Enhancing Machine Learning Performance: Essential Data Cleaning and Preprocessing Techniques

Speaker: Dr Charalambos Chrysostomou

Description: This session will focus on the critical role that data preprocessing and cleaning play in achieving effective machine-learning models. The discussion will highlight important aspects of data handling, from addressing missing values and identifying outliers to transforming data, scaling features, and encoding categorical variables. Through the lens of practical examples, the session aims to demonstrate how these crucial preprocessing steps can significantly enhance model performance and robustness. The content is carefully designed to accommodate all levels of technical proficiency, ensuring attendees gain a solid grasp of these essential data science techniques.

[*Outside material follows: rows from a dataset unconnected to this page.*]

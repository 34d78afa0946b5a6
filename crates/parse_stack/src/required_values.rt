//! Values that are taken off the stack by their kinds.

ghost use Rattle.std.specs.Prelude.{◌≡◌, true, ◌∷◌, Some};
ghost use Rattle.parse_values.specs.declared.value.Value.TheVariants as v;
ghost use Rattle.parse_values.specs.Values as spec;
ghost use Rattle.parse_values.specs.Values.{starts_with};

use crate::stack::{Stack, discard};
use parse_values::Value;
use pl_grammar::{ForRest, Member, New, Operation, Placed, Suffix, Tail, Three};
use pl_lexer::Token;
use pl_tree::{
    Argument, Block, Body, Catch, Declaration, Entry, Expr, First, Function, LambdaBody, Parameter,
    Spelled, Statement, TypeName, Variable,
};
use plain_data::{Items, Subtree};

Trends in High Performance Computing

Speaker: Giannis Koutsou

Description: The talk will outline modern trends in High Performance Computing, in terms of both hardware and software, as well as the major supercomputing initiatives

Kokkos Framework

Speaker: Christodoulos Stylianou

Description: Kokkos is an ecosystem of libraries with performance portability in mind, that was initially developed by Sandia Labs and it’s part of the Exascale Project, and Trilinos. Captured directly from their documentation, the Core Kokkos package is described as follows:

  • Kokkos Core implements a programming model in C++ for writing performance portable applications targeting all major HPC platforms. For that purpose it provides abstractions for both parallel execution of code and data management. Kokkos is designed to target complex node architectures with N-level memory hierarchies and multiple types of execution resources. It currently can use CUDA, HIP, SYCL, HPX, OpenMP and C++ threads as backend programming models with several other backends development.

Large-scale Generative Models: Overview, Capabilities, Limitations

Speaker: Dr Mihalis Nicolaou

Description: This talk provides an overview of large-scale generative models, focusing on the visual modality (e.g., Latent Diffusion, GANs, ViT, CLIP) – as well as their capabilities and limitations. The talk will discuss recent advancements brought on by the release of large-scale foundation models, as well as discuss some of the limitations and ongoing research efforts (e.g., in the context of explainable AI and alignment).